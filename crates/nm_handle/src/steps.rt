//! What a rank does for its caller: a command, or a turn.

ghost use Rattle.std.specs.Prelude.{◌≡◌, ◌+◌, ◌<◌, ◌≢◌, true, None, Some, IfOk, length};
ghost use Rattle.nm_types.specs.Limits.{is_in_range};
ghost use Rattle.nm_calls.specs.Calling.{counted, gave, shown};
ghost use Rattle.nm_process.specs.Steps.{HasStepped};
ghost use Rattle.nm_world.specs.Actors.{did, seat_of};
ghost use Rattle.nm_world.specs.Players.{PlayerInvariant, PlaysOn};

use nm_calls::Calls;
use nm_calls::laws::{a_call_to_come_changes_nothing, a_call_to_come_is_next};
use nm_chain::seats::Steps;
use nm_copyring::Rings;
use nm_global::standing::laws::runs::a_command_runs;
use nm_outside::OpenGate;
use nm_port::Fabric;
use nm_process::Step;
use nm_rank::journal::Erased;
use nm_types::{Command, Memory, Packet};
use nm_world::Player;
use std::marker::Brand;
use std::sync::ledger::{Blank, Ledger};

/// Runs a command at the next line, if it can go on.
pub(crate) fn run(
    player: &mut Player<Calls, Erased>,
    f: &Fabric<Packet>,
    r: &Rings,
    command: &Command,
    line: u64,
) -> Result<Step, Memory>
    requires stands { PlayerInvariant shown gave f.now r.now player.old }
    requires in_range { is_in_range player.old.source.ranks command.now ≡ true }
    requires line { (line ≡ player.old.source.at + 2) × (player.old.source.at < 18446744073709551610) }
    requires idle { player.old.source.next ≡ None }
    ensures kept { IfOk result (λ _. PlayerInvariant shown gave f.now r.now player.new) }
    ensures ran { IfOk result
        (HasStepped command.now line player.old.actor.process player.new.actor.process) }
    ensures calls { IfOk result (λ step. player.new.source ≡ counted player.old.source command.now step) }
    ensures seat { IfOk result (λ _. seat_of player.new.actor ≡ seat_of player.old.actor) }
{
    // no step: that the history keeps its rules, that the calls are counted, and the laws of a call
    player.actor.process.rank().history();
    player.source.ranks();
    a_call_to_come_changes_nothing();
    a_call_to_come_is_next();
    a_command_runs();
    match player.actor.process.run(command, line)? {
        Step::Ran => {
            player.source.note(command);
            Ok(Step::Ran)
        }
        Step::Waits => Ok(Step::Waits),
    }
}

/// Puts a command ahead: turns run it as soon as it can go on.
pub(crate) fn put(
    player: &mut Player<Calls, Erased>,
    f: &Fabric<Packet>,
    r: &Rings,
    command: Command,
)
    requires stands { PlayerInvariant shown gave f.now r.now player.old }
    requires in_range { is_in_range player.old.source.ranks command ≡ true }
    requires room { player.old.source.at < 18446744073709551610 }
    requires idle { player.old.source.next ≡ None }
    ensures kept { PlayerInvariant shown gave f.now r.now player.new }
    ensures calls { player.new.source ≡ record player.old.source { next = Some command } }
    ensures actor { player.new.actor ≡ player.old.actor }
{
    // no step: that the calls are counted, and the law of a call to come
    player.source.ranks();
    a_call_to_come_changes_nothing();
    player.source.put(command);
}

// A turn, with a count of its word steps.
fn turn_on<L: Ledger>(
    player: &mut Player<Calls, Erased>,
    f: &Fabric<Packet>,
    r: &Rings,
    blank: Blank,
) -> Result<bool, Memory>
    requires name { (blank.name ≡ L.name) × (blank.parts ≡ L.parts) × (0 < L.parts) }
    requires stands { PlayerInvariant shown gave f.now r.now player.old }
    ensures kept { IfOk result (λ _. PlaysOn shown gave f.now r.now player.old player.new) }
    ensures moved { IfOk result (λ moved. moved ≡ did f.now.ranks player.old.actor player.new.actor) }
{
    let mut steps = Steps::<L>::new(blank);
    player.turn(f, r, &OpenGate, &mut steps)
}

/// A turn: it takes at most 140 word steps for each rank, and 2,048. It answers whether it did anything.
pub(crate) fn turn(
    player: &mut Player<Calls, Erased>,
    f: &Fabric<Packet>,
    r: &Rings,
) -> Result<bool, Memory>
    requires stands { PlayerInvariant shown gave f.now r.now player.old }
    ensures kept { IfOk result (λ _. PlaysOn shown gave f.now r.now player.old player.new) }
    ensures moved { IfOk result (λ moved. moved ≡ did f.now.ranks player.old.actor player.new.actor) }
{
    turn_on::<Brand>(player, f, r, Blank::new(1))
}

EXERCISE DIRECTIONS. Produce the lines from the top of the listing through the "use nm_copyring::Rings;" line exactly as they appear, with no additional output.

WRITTEN SOLUTION.
filename crates/nm_handle/src/steps.rt
//! What a rank does for its caller: a command, or a turn.

ghost use Rattle.std.specs.Prelude.{◌≡◌, ◌+◌, ◌<◌, ◌≢◌, true, None, Some, IfOk, length};
ghost use Rattle.nm_types.specs.Limits.{is_in_range};
ghost use Rattle.nm_calls.specs.Calling.{counted, gave, shown};
ghost use Rattle.nm_process.specs.Steps.{HasStepped};
ghost use Rattle.nm_world.specs.Actors.{did, seat_of};
ghost use Rattle.nm_world.specs.Players.{PlayerInvariant, PlaysOn};

use nm_calls::Calls;
use nm_calls::laws::{a_call_to_come_changes_nothing, a_call_to_come_is_next};
use nm_chain::seats::Steps;
use nm_copyring::Rings;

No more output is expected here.